How America Killed Transit. Service Drives Demand.

Transit in the US has continually cut service to improve the bottom line, effectively causing customers to prefer driving, further reducing revenue. Streets, roads, and highways are more and more clogged with vehicles, and the automotive industry has shown recent interest in alternative transportation. The government can make good on promises of investment in transit, and voters should demand it.

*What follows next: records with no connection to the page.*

//! Sizes: the classes of a chunk, the class of a request, the tables of small and of page classes.

ghost use Rattle.std.specs.Prelude.{◌≡◌, [], ◌∷◌, length, map, Some, None, true, false};
ghost use Rattle.size_classes.specs.Sizes.{of_order, sizes, size_at, class_of, class_count, is_small, page_classes, page_class_up, page_classes_up_to, page_class_under};
ghost use Rattle.size_classes.specs.PageCounts.{page_counts};
ghost use Rattle.definition_rows.specs.SizePlays.{small_rows, pages_from};

/// The classes of the least chunk, of the usual one and of the greatest. The last is the chunk.
pub fn classes_of_a_chunk()
    ensures least { class_count (of_order 3) ≡ 44 }
    ensures usual { class_count (of_order 9) ≡ 68 }
    ensures greatest { class_count (of_order 11) ≡ 76 }
    ensures all { length (sizes (of_order 9)) ≡ 68 }
    ensures first { map size_at (0 ∷ 1 ∷ 2 ∷ 3 ∷ 4 ∷ 7 ∷ 8 ∷ 11 ∷ 12 ∷ [])
        ≡ 16 ∷ 32 ∷ 48 ∷ 64 ∷ 80 ∷ 128 ∷ 160 ∷ 256 ∷ 320 ∷ [] }
    ensures last { map size_at (43 ∷ 67 ∷ 75 ∷ []) ≡ 65536 ∷ 4194304 ∷ 16777216 ∷ [] }
{}

/// The class of a request is the least that holds it. Above the chunk there is none.
pub fn class_of_a_request()
    ensures nothing { class_of (of_order 9) 0 ≡ Some 0 }
    ensures exact { class_of (of_order 9) 16 ≡ Some 0 }
    ensures one_more { class_of (of_order 9) 17 ≡ Some 1 }
    ensures last_small { class_of (of_order 9) 28672 ≡ Some 38 }
    ensures first_normal { class_of (of_order 9) 28673 ≡ Some 39 }
    ensures exactly_normal { class_of (of_order 9) 32768 ≡ Some 39 }
    ensures whole_chunk { class_of (of_order 9) 4194304 ≡ Some 67 }
    ensures above { class_of (of_order 9) 4194305 ≡ None }
    ensures least_chunk { class_of (of_order 3) 65536 ≡ Some 43 }
    ensures above_the_least_chunk { class_of (of_order 3) 65537 ≡ None }
{}

/// The table of the small classes: sizes, pages and elements of a subpage.
pub fn small_classes()
    ensures rows { small_rows (of_order 9) ≡
        (16, 1, 512) ∷ (32, 1, 256) ∷ (48, 3, 512) ∷ (64, 1, 128) ∷ (80, 5, 512) ∷ (96, 3, 256)
        ∷ (112, 7, 512) ∷ (128, 1, 64) ∷ (160, 5, 256) ∷ (192, 3, 128) ∷ (224, 7, 256)
        ∷ (256, 1, 32) ∷ (320, 5, 128) ∷ (384, 3, 64) ∷ (448, 7, 128) ∷ (512, 1, 16) ∷ (640, 5, 64)
        ∷ (768, 3, 32) ∷ (896, 7, 64) ∷ (1024, 1, 8) ∷ (1280, 5, 32) ∷ (1536, 3, 16) ∷ (1792, 7, 32)
        ∷ (2048, 1, 4) ∷ (2560, 5, 16) ∷ (3072, 3, 8) ∷ (3584, 7, 16) ∷ (4096, 1, 2) ∷ (5120, 5, 8)
        ∷ (6144, 3, 4) ∷ (7168, 7, 8) ∷ (8192, 1, 1) ∷ (10240, 5, 4) ∷ (12288, 3, 2) ∷ (14336, 7, 4)
        ∷ (16384, 2, 1) ∷ (20480, 5, 2) ∷ (24576, 3, 1) ∷ (28672, 7, 2) ∷ [] }
    ensures first { is_small (of_order 9) 0 ≡ true }
    ensures last { is_small (of_order 9) 38 ≡ true }
    ensures first_normal { is_small (of_order 9) 39 ≡ false }
{}

/// The normal classes, in pages.
pub fn normal_classes()
    ensures usual { pages_from 39 (of_order 9) ≡
        4 ∷ 5 ∷ 6 ∷ 7 ∷ 8 ∷ 10 ∷ 12 ∷ 14 ∷ 16 ∷ 20 ∷ 24 ∷ 28 ∷ 32 ∷ 40 ∷ 48 ∷ 56 ∷ 64 ∷ 80 ∷ 96
        ∷ 112 ∷ 128 ∷ 160 ∷ 192 ∷ 224 ∷ 256 ∷ 320 ∷ 384 ∷ 448 ∷ 512 ∷ [] }
    ensures greatest { pages_from 67 (of_order 11) ≡
        512 ∷ 640 ∷ 768 ∷ 896 ∷ 1024 ∷ 1280 ∷ 1536 ∷ 1792 ∷ 2048 ∷ [] }
    ensures least { pages_from 39 (of_order 3) ≡ 4 ∷ 5 ∷ 6 ∷ 7 ∷ 8 ∷ [] }
{}

/// The page classes are the classes that are whole pages.
pub fn page_class_tables()
    ensures usual { page_classes (of_order 9) ≡
        1 ∷ 2 ∷ 3 ∷ 4 ∷ 5 ∷ 6 ∷ 7 ∷ 8 ∷ 10 ∷ 12 ∷ 14 ∷ 16 ∷ 20 ∷ 24 ∷ 28 ∷ 32 ∷ 40 ∷ 48 ∷ 56 ∷ 64
        ∷ 80 ∷ 96 ∷ 112 ∷ 128 ∷ 160 ∷ 192 ∷ 224 ∷ 256 ∷ 320 ∷ 384 ∷ 448 ∷ 512 ∷ [] }
    ensures least { page_classes (of_order 3) ≡ 1 ∷ 2 ∷ 3 ∷ 4 ∷ 5 ∷ 6 ∷ 7 ∷ 8 ∷ [] }
    ensures how_many { map (λ order. length (page_classes (of_order order))) (3 ∷ 9 ∷ 11 ∷ [])
        ≡ 8 ∷ 32 ∷ 40 ∷ [] }
    ensures by_number { map (λ order. length (page_counts order)) (3 ∷ 9 ∷ 11 ∷ [])
        ≡ 8 ∷ 32 ∷ 40 ∷ [] }
    ensures each_by_number { page_counts 3 ≡ 1 ∷ 2 ∷ 3 ∷ 4 ∷ 5 ∷ 6 ∷ 7 ∷ 8 ∷ [] }
{}

/// The page class of so many pages: the least at or above, and the greatest at or below.
pub fn page_class_of_a_run()
    ensures above { page_class_up (of_order 9) 9 ≡ Some 8 }
    ensures below { page_classes_up_to (of_order 9) 9 ≡ 8 }
    ensures under { page_class_under (of_order 9) 9 ≡ 8 }
    ensures exact { page_class_up (of_order 9) 10 ≡ Some 8 }
    ensures exactly_under { page_class_under (of_order 9) 10 ≡ 10 }
    ensures one { page_class_up (of_order 9) 1 ≡ Some 0 }
    ensures whole_chunk { page_class_up (of_order 9) 512 ≡ Some 31 }
    ensures one_page_less { page_class_under (of_order 9) 511 ≡ 448 }
{}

How America Killed Transit

Streetcar, bus, and metro systems have been ignoring one lesson for 100 years: Service drives demand.

JONATHAN ENGLISH 

“One hundred years ago, the United States had a public transportation system that was the envy of the world. Today, outside a few major urban centers, it is barely on life support. Even in New York City, subway ridership is well below its 1946 peak. Annual per capita transit trips in the U.S. plummeted from 115.8 in 1950 to 36.1 in 1970, where they have roughly remained since, even as population has grown.”

This has not happened in much of the rest of the world.

“What happened? Over the past hundred years the clearest cause is this: Transit providers in the U.S. have continually cut basic local service in a vain effort to improve their finances. But they only succeeded in driving riders and revenue away. When the transit service that cities provide is not attractive, the demand from passengers that might “justify” its improvement will never materialize.”